Dead bolt latches utilize a fixed dead bolt without means of a spring return. Such types of latches instead require the electronic control circuit to actuate a motor or solenoid to alternately retract and/or extend the dead bolt in order to provide the locking (or unlocking) action. In other words, a locking action is not “automatic” when the enclosure door is closed.
The dead bolt in the above-referenced type of latch mechanism is typically provided with a square or rectangular end (though alternatives may be practiced). A latch utilizing such type of bolt is generally speaking in at least one sense more secure than a slam latch because it needs to receive a credentialed (i.e., authorized) signal in order for the dead bolt to be retracted.

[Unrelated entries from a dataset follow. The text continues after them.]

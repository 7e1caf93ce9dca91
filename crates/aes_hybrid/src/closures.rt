//! Planes for callers' closures that have many blocks: the backend, and how it is lent. The planes
//! are wiped before the call returns.

ghost use Rattle.std.specs.Prelude.{◌≡◌, ℕ, List};
ghost use Rattle.aes_planes.specs.Fips197 as fips;
ghost use Rattle.aes_planes.proofs.Standard.CipherLaws.{two_expanded};
ghost use Rattle.aes_permute.specs.Keys.{encrypting, key_of_lanes, IsCipherSchedule};
ghost use Rattle.aes_permute.specs.Stored.{round_keys_of};
ghost use Rattle.aes_soft.specs.Stored as soft;

use crate::borrowed_cipher::BorrowedCipher;
use crate::plane_keys::PlaneKeys;
use crate::widths::Width;
use aes_cipher::cipher::{
    BatchSizeUser, BlockCipherDecBackend, BlockCipherDecClosure, BlockCipherEncBackend,
    BlockCipherEncClosure, Decrypt, Encrypt, RoundKeysUser,
};
use aes_cipher::zeroize::wipe_stack;
use aes_permute::lane_rounds::LaneRounds;
use aes_planes::soft::sbox::Layers;
use aes_planes::soft::word::Block;
use aes_soft::soft::blocks::process_batch_under;
use std::marker::Model;
use std::slice;

// The most bytes of stack that a closure uses to work on batches, as the closures of this library's
// modes do. From 2 KB on libc's memset is slower.
const CLOSURE_STACK: usize = 2032;

/// A caller's closure in the direction D. The public traits of closures have one direction each. By
/// this one, planes are lent by the same function in both.
pub(crate) trait ClosureIn<D: LaneRounds> {
    /// What the work does: the relation of the closure's own trait.
    ghost did_in: { Self → List (List ℕ) → Self → Type 0 };

    /// Does the closure's work with planes.
    fn call_with<W: Width>(&mut self, batches: &Batches<'_, D, W>)
        ensures { did_in self.old (fips.key_expansion batches.now) self.new };
}

impl<F: BlockCipherEncClosure> ClosureIn<Encrypt> for F {
    ghost did_in = { F.did };

    #[inline(always)]
    fn call_with<W: Width>(&mut self, batches: &Batches<'_, Encrypt, W>) {
        self.call(batches);
    }
}

impl<F: BlockCipherDecClosure> ClosureIn<Decrypt> for F {
    ghost did_in = { F.did };

    #[inline(always)]
    fn call_with<W: Width>(&mut self, batches: &Batches<'_, Decrypt, W>) {
        self.call(batches);
    }
}

/// Lends planes to a closure. The planes, and the stack that the closure used, are wiped before the
/// call returns. Never inlined: few blocks then need no large frame, and what a caller leaves below
/// its own frame isn't deep. The round keys are slices, which are passed in registers. Planes serve
/// both directions, and are made of the round keys of Cipher.
#[inline(never)]
pub(crate) fn lend_planes<D: LaneRounds, W: Width, F: ClosureIn<D>>(
    keys: &[Block],
    direction_keys: &[Block],
    f: &mut F,
)
    requires keyed { IsCipherSchedule keys.now }
    requires direction_keys { round_keys_of D.form direction_keys.now ≡ D.form.direction_keys (encrypting keys.now) }
    ensures { F.did_in f.old (fips.key_expansion (key_of_lanes keys.now)) f.new }
{
    let mut planes = PlaneKeys::<W::PlaneWord>::zeroed();
    planes.store(keys);
    let cipher = BorrowedCipher::new(keys, direction_keys);
    call_to_work::<D, W, F>(&cipher, planes.lend(keys.len()), f);
    planes.wipe();
    wipe_stack::<CLOSURE_STACK>();
}

// Calls a closure with planes. This is a call of its own, so that its stack can be wiped.
#[inline(never)]
fn call_to_work<D: LaneRounds, W: Width, F: ClosureIn<D>>(
    cipher: &BorrowedCipher<'_, D, W>,
    words: &[W::PlaneWord],
    f: &mut F,
)
    requires is_schedule { soft.IsFullSchedule W.PlaneWord.bits W.PlaneWord.BLOCKS words.now }
    requires same_key { soft.key_of_planes W.PlaneWord.bits W.PlaneWord.BLOCKS words.now ≡ cipher.now }
    ensures { F.did_in f.old (fips.key_expansion cipher.now) f.new }
{
    f.call_with(&Batches::new(cipher, words));
}

/// A backend that processes batches on planes, and single blocks on vectors, under the same round
/// keys.
pub(crate) struct Batches<'a, D: LaneRounds, W: Width> {
    cipher: &'a BorrowedCipher<'a, D, W>,
    words: &'a [W::PlaneWord],
}

impl<D: LaneRounds, W: Width> Drop for Batches<'_, D, W> {
    #[inline(always)]
    fn drop(self) {
        let Batches {
            cipher: _,
            words: _,
        } = self;
    }
}

impl<'a, D: LaneRounds, W: Width> Model for Batches<'a, D, W> {
    ghost Value = { List ℕ };

    ghost view = { λ batches. batches.cipher.now };

    ghost invariant = { λ batches. soft.IsFullSchedule W.PlaneWord.bits W.PlaneWord.BLOCKS batches.words.now
        × (soft.key_of_planes W.PlaneWord.bits W.PlaneWord.BLOCKS batches.words.now ≡ batches.cipher.now) };
}

impl<'a, D: LaneRounds, W: Width> Batches<'a, D, W> {
    #[inline(always)]
    pub(crate) fn new(
        cipher: &'a BorrowedCipher<'a, D, W>,
        words: &'a [W::PlaneWord],
    ) -> Batches<'a, D, W>
        requires is_schedule { soft.IsFullSchedule W.PlaneWord.bits W.PlaneWord.BLOCKS words.now }
        requires same_key { soft.key_of_planes W.PlaneWord.bits W.PlaneWord.BLOCKS words.now ≡ cipher.now }
        ensures { result ≡ cipher.now }
    {
        Batches { cipher, words }
    }
}

impl<D: LaneRounds, W: Width> RoundKeysUser for Batches<'_, D, W> {
    ghost round_keys = { fips.key_expansion };

    fn round_keys_are_blocks(&self) {
        self.cipher.round_keys_are_blocks();
    }

    ghost two_round_keys = { two_expanded };
}

impl<D: LaneRounds, W: Width> BatchSizeUser for Batches<'_, D, W> {
    type Par = W::Par;
}

impl<W: Width> BlockCipherEncBackend for Batches<'_, Encrypt, W> {
    #[inline(always)]
    fn encrypt_block(&self, block: &mut Block) {
        self.cipher.process_on_vectors(slice::from_mut(block));
    }

    #[inline(always)]
    fn encrypt_par_blocks(&self, blocks: &mut [Block]) {
        process_batch_under::<W::PlaneWord, Encrypt>(self.words, blocks, &mut Layers::new());
    }

    #[tactic(auto, using(aes_cipher::proofs::FirstBlocks::first_blocks))]
    #[inline(always)]
    fn encrypt_first_blocks(&self, count: usize, blocks: &mut [Block]) {
        if count <= W::MOST_AFTER_BATCHES {
            self.cipher.process_on_vectors(&mut blocks[..count]);
        } else {
            self.encrypt_par_blocks(blocks);
        }
    }
}

impl<W: Width> BlockCipherDecBackend for Batches<'_, Decrypt, W> {
    #[inline(always)]
    fn decrypt_block(&self, block: &mut Block) {
        self.cipher.process_on_vectors(slice::from_mut(block));
    }

    #[inline(always)]
    fn decrypt_par_blocks(&self, blocks: &mut [Block]) {
        process_batch_under::<W::PlaneWord, Decrypt>(self.words, blocks, &mut Layers::new());
    }
}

In comparison, the bolt of a slam latch may simply be pushed in. Such “pressing in” action can be done by a thief after employing dishonest means to access the enclosure being secured by the slam bolt. However, the corresponding adverse or negative aspect of the dead bolt type latch is that an enclosure door cannot simply be slammed closed. The latch must receive a signal from the access control system to extend the dead bolt at the correct time.
It is a fairly common occurrence in the field that such latches will have some locking force applied to them in a direction which is perpendicular to the bolt surface. Such force can be the result of a variety of influences and/or conditions, for example, improperly installed latches, racked or twisted cabinets, swollen door materials (for example, wood), articles inside the enclosure falling against the inside of the door, and/or from an enclosure being “over stuffed”. Such a “pre-load” on the latch bolt may in some instances be relatively significant, for example, on the order of several pounds.
The prime mover in the types of latches presently addressed are typically either a solenoid or a motor/gear train combination. Solenoid based latches having equal strength to a given motor/gear train based latch are significantly larger and heavier than such “equivalent” motor/gear train design. Latches constructed in accordance with the present subject matter are motor based.
Motor/gear train based slam latches present a design challenge in that during the slam action, the locking bolt needs to be disconnected from the gear train. If such aspect is not properly provided or accomplished, it may have a detrimental affect on the reliability of the gear train and latch.
It is further desirable from a manufacturing and business point of view to have a latch that is easily assembled as either a slam latch or a dead bolt latch configuration, depending on the simple addition/deletion of a minimal number of parts.
While various implementations of enclosure locking mechanisms have been developed, no design has emerged that generally encompasses all of the desired characteristics as hereafter presented in accordance with the subject technology.